The title page of the first volume of Johann Philipp Kirnberger's treatise "Die Kunst des reinen Satzes in der Musik" (1774) bears a humorously notated puzzle canon packed with subtleties and esoteric knowledge, but its solution nonetheless produces a pleasant enough result. The canon appears just below the dedication to Kirnberger's princess student, Anna Amalia, Abbess of Quedlinburg (1723-1787).

The text "Wir irren allesamt nur jeder irret anderst," a quotation of Georg Christoph Lichtenberg (Göttinger Taschenbuch 5), perhaps means, "We all make mistakes, only some make them differently." And this is a fitting text to this perplexing puzzle. [An aside: Beethoven also used this text for a 2-voice canon (WoO 198).]

enigmatic canon by Kirnberger

The solution makes a 5-voice piece including the continuo part below the top line which is itself the 4-in-1 canon. Let's examine the clues to see how the puzzle is solved.

Key: The canon is given with a signature of six flats, but the continuo is given with the signature to the enharmonic key: six sharps. This should not be overlooked. Any first-year theory student today would be familiar with the idea that G-flat major and F-sharp major are enharmonic keys, i.e. that they are the same, but until equal temperament was accepted the idea that these two keys were the same was not coherent. I will present a solution in sharps.

Time: The canon is given in four measures of common time (4/4) as indicated by the "C", but the continuo is given in eight measures of cut time (2/4, in the modern baroque), indicated with "₵". Simple enough, once one realizes that either the continuo must be diminuted (twice as fast), or the canon must be augmented (half as fast).

Imitation: The mysterious numbers (60, 45, 48, 64) appearing below the music indicate the pitch intervals of imitation. The last two of these numbers indicate through their inversion on the page that the last two voices are to follow in contrary motion. If taken in order, the four numbers show the relative frequencies of the four canonic parts. If the dux (leader) begins on A# (symbolized by '60'), then the first follower must begin on a lower note bearing the ratio 45:60 with the entrance note of the dux. Since this ratio reduces to 3:4, that of the perfect fourth, the answer must fall on E#, the note whose frequency is a perfect fourth below A#. Likewise, the inverted '48' indicates the first note of the next voice is to begin with the note given by the ratio 48:60 with respect to the dux's entrance note. This fraction reduces to 4:5, and indicates that the third voice should enter on F#, continuing in contrary motion. Lastly, the fourth voice's ratio is 60:64, which reduces to the semitone 15:16, yielding the final voice's entry on B-natural. Since this number is inverted, the fourth voice continues in contrary motion as well.

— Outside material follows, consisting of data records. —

ghost use Rattle.std.specs.Prelude.{◌≡◌, ℕ, false};
ghost use Rattle.cache_memory.specs.Disks.{disk_of};

use crate::*;
use cache_memory::MemoryDisk;
use remote_memory::{MemoryRemote, RemoteCall};
use std::alloc::Global;
use std::process::Abort;
use std::test::Fail;
use vfs_names::{Blob, VPath};
use vfs_outside::{MemorySink, MemorySource, OpenGate, Remote, ScriptClock};

mod cached;
mod cuts;
mod disk_faults;
mod disk_image;
mod disk_stops;
mod folder;
mod moved;
mod objects;
mod odd_remote;
mod phases;
mod plain;
mod replaced;
mod shared_folder;
mod steps;
mod ticks;
mod uploaded;
mod waiting;

use odd_remote::OddRemote;

const ROW: [&str; 9] = [
    "run",
    "--remote",
    "r",
    "--cache",
    "c",
    "--vfs-cache-mode",
    "full",
    "--worker-turns",
    "0",
];

/// The same, with requests of two bytes at first.
const PARTS: [&str; 11] = [
    "run",
    "--remote",
    "r",
    "--cache",
    "c",
    "--vfs-cache-mode",
    "full",
    "--worker-turns",
    "0",
    "--vfs-read-chunk-size",
    "2B",
];

const USAGE: &str = "usage: vfs run --remote DIR --cache DIR [options]\nend 2\n";

const START: &str = "start files 0 queued 0 damaged 0\n";

const OPEN: &str = "s1 open 0 a rw create\n";

/// What a run showed: its status, the bytes that its sink holds, and of each epoch the number of records.
#[derive(Drop)]
struct Seen {
    status: u8,
    sink: MemorySink,
    records: Vec<usize>,
}

fn words_of(alloc: Global, words: &[&str]) -> Result<Vec<String>, Fail> {
    let mut all = Vec::new(alloc);
    for word in words {
        all.push(String::from_str(alloc, word)?)?;
    }
    Ok(all)
}

fn run_words(
    alloc: Global,
    words: &[&str],
    mut source: MemorySource,
    sink_fails: &[u64],
) -> Result<Seen, Fail> {
    run_over(
        alloc,
        words,
        &mut source,
        sink_fails,
        MemoryRemote::new(alloc),
    )
}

While these enigmatic devices seem to indicate an intentional obfuscation that is not musically justified, one must remember that the principles, relations and concepts behind the solutions to the mysteries of this puzzle are to be learned in Kirnberger's treatise. The enigmatic frontispiece therefore presents some intrigue, both jocular and perplexing, perhaps even intimidating to the would-be student or to Princess Amalia.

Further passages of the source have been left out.